Strong take up of T3
Published in The Courier Mail, October 2006
Erica Thompson
STRONG demand for T3 shares from wealthy investors could push the final instalment price above $1.50, analysts say.
The prediction comes after the Government revealed it had pre-sold half of its total T3 allocation to clients of broking firms and financial planners ahead of yesterday's retail offer opening.
Fat Prophets senior equity analyst Greg Canavan said strong broker interest could trigger renewed confidence in the Telstra stock among retail investors.
"It does indicate solid demand for the shares after they list, which is going to be good for the people who have picked them up," he said.
"The one question mark is whether the enthusiasm for T3 is purely because of the dividend yield on offer or whether it's more of a long-term bet on the turnaround of the company."
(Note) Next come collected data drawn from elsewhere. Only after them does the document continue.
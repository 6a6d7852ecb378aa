//! The viewpoints of a project.
ghost use Rattle.std.specs.Prelude.{◌≡◌, ◌<◌, ◌^◌, [], ℕ, length, option_copied, is_ok, is_some, if◌then◌else◌, IfOk, IfSome, OnOk, OnErr};
ghost use Rattle.bcf_viewpoints.specs.Viewpoints.{IsViewBody, AreViews, view_of, views_of, views_on, views_with, views_but, views_off, deleted};

use crate::checked::CheckedView;
use crate::view::ViewBody;
use bim_model::{Duplicate, Items};
use std::alloc::{AllocError, Global};
use std::collections::BTreeMap;
use std::marker::Model;

/// Why a viewpoint isn't deleted.
#[derive(Clone, Copy, Debug, PartialEq, Eq)]
pub enum ViewError {
    /// B7: the topic has no viewpoint of that number.
    NoViewpoint,
}

/// The viewpoints of a project. Contracts see them as a list: each under its topic's serial number and its
/// own, in the order of these. The identifiers of their components are such.
#[derive(Drop)]
pub struct Viewpoints {
    alloc: Global,
    views: BTreeMap<(u64, u64), ViewBody>,
}

impl Model for Viewpoints {
    ghost use Rattle.bcf_viewpoints.specs.Viewpoints.{Views, AreViews};

    ghost Value = { Views };

    ghost view = { λ v. v.views.entries };

    ghost invariant = { λ v. AreViews v.views.entries };
}

#[tactic(auto, unfolding(crate::specs::Viewpoints::views_with))]
fn insert(
    views: &mut BTreeMap<(u64, u64), ViewBody>,
    topic: u64,
    serial: u64,
    body: ViewBody,
) -> Result<(), AllocError>
    requires kept { AreViews views.old.entries }
    requires body { IsViewBody body }
    ensures ok { OnOk result (views.new.entries ≡ views_with topic serial body views.old.entries) }
    ensures err { OnErr result (views.new.entries ≡ views.old.entries) }
    ensures kept { AreViews views.new.entries }
{
    views.insert((topic, serial), body)?;
    Ok(())
}

#[tactic(auto, unfolding(crate::specs::Viewpoints::view_of, crate::specs::Viewpoints::views_but))]
fn remove(views: &mut BTreeMap<(u64, u64), ViewBody>, topic: u64, serial: u64) -> bool
    requires { AreViews views.old.entries }
    ensures found { result ≡ is_some (view_of topic serial views.old.entries) }
    ensures after { views.new.entries
        ≡ (if result then views_but topic serial views.old.entries else views.old.entries) }
    ensures kept { AreViews views.new.entries }
{
    views.remove(&(topic, serial)).is_some()
}

fn remove_all(views: &mut BTreeMap<(u64, u64), ViewBody>, topic: u64)
    requires { AreViews views.old.entries }
    ensures after { views.new.entries ≡ views_off topic views.old.entries }
    ensures kept { AreViews views.new.entries }
{
    views.retain(|place, _| place.0 != topic);
}

fn list(
    alloc: Global,
    views: &BTreeMap<(u64, u64), ViewBody>,
    topic: u64,
) -> Result<Vec<u64>, AllocError>
    requires { topic < 2 ^ 48 }
    ensures { IfOk result (λ list. list.items ≡ views_of topic views.now.entries) }
{
    let mut list = Vec::new(alloc);
    for (place, _) in views.range((topic, 0)..(topic + 1, 0)) {
        list.push(place.1)?;
    }
    Ok(list)
}

fn listed(
    alloc: Global,
    views: &BTreeMap<(u64, u64), ViewBody>,
    topic: u64,
) -> Result<Items<CheckedView>, AllocError>
    requires few { topic < 2 ^ 48 }
    requires kept { AreViews views.now.entries }
    ensures { IfOk result (λ list. list ≡ views_on topic views.now.entries) }
{
    let mut list = Items::new(alloc);
    for (place, body) in views.range((topic, 0)..(topic + 1, 0)) {
        list.push(CheckedView::of(place.1, body.copy(alloc)?))?;
    }
    Ok(list)
}

impl Viewpoints {
    /// No viewpoints.
    pub fn new(alloc: Global) -> Viewpoints
        ensures { result ≡ [] }
    {
        Viewpoints {
            alloc,
            views: BTreeMap::new(alloc),
        }
    }

    /// Makes a viewpoint of a topic. An `Err` leaves all as it was.
    pub fn post(&mut self, serial: u64, topic: u64, body: ViewBody) -> Result<(), AllocError>
        requires { IsViewBody body }
        ensures ok { OnOk result (self.new ≡ views_with topic serial body self.old) }
        ensures err { OnErr result (self.new ≡ self.old) }
    {
        insert(&mut self.views, topic, serial, body)
    }

    /// How many viewpoints there are of all topics.
    pub fn count(&self) -> u64
        ensures { result ≡ length self.now }
    {
        self.views.len() as u64
    }

    /// Deletes a viewpoint. B7 where the topic has none of that number, and then all stays as it was.
    /// Takes no memory.
    #[tactic(auto, using(crate::proofs::Kept::answered))]
    pub fn delete(&mut self, topic: u64, serial: u64) -> Result<(), ViewError>
        ensures answer { result ≡ deleted (view_of topic serial self.old) }
        ensures after { self.new ≡ (if is_ok result then views_but topic serial self.old else self.old) }
    {
        if remove(&mut self.views, topic, serial) {
            Ok(())
        } else {
            Err(ViewError::NoViewpoint)
        }
    }

    /// Deletes the viewpoints of a topic, in one pass. Takes no memory.
    pub fn drop_topic(&mut self, topic: u64)
        ensures { self.new ≡ views_off topic self.old }
    {
        remove_all(&mut self.views, topic);
    }

    /// The viewpoint of that serial number of that topic.
    #[tactic(auto, unfolding(crate::specs::Viewpoints::view_of))]
    pub fn get(&self, topic: u64, serial: u64) -> Option<&ViewBody>
        ensures value { option_copied result ≡ view_of topic serial self.now }
        ensures good { IfSome result (λ body. IsViewBody body.now) }
    {
        self.views.get(&(topic, serial))
    }

    /// The serial numbers of a topic's viewpoints, rising; none where there is no such topic.
    pub fn list(&self, topic: u64) -> Result<Vec<u64>, AllocError>
        requires { topic < 2 ^ 48 }
        ensures { IfOk result (λ list. list.items ≡ views_of topic self.now) }
    {
        list(self.alloc, &self.views, topic)
    }

    /// The viewpoints of a topic by rising serial number, copied; none where there is no such topic.
    pub fn listed(&self, topic: u64) -> Result<Items<CheckedView>, AllocError>
        requires { topic < 2 ^ 48 }
        ensures { IfOk result (λ list. list ≡ views_on topic self.now) }
    {
        listed(self.alloc, &self.views, topic)
    }
}
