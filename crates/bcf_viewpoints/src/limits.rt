//! The bounds of viewpoints.

/// The most components of a viewpoint, those of its selection, its colorings and its exceptions together.
pub const MOST_COMPONENTS: usize = 1_000;

/// The most bytes of what a component says of the system and the tool that it comes from.
pub const MOST_SOURCE: usize = 64;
The Government has left open the option of increasing the share sale by $1.2 billion through an over-allotment option, known as a greenshoe.
But Finance Minister Nick Minchin told CNBC television yesterday there were no plans to increase the size of its offer.
"The only circumstances really in which we'd increase it are to meet the demand from existing shareholders," he said.
Retail investors have been offered incentives such as bonus shares and a 10¢-a-share discount to encourage them to buy into the offer, but the full price of T3 shares has yet to be set.
Mr Canavan said the second instalment, which will be announced on November 20, was likely to be about $1.50.
"(The demand) could create a little bit more pricing tension for the institutional bid, which could push the share price up a little higher, but we still think it will come in reasonably attractive," he said. "We had said somewhere in the range of $3.50 and $3.80, so it looks to be at the lower end of that."
Steve Johnson, managing director of independent tipsheet The Intelligent Investor, predicted a second instalment price closer to $1.60 given the attractive instalment offer.
"The institutions might be prepared to pay an effective price of $3.75 for those shares if they don't have to pay for them for 18 months," he said.
While sophisticated investors stood to make healthy gains, some analysts were skeptical of the benefits to smaller players.
"Unless you're comfortable doing these advanced strategies, you're much better off looking for other shares to buy in the marketplace," said Dale Gillham, chief analyst at Wealth Within.
Mr Canavan also urged investors to stick with what they know.
"Nothing is ever a gimme in investment markets, although this is pretty close to it, so I imagine that's why you're seeing a lot of margin lending against these instalment receipts purely because the cost of funding is well below the dividend payment you're going to get. But it doesn't mean everyone should go out there and dive into it."
Retail investors have until November 9 to apply for T3 shares.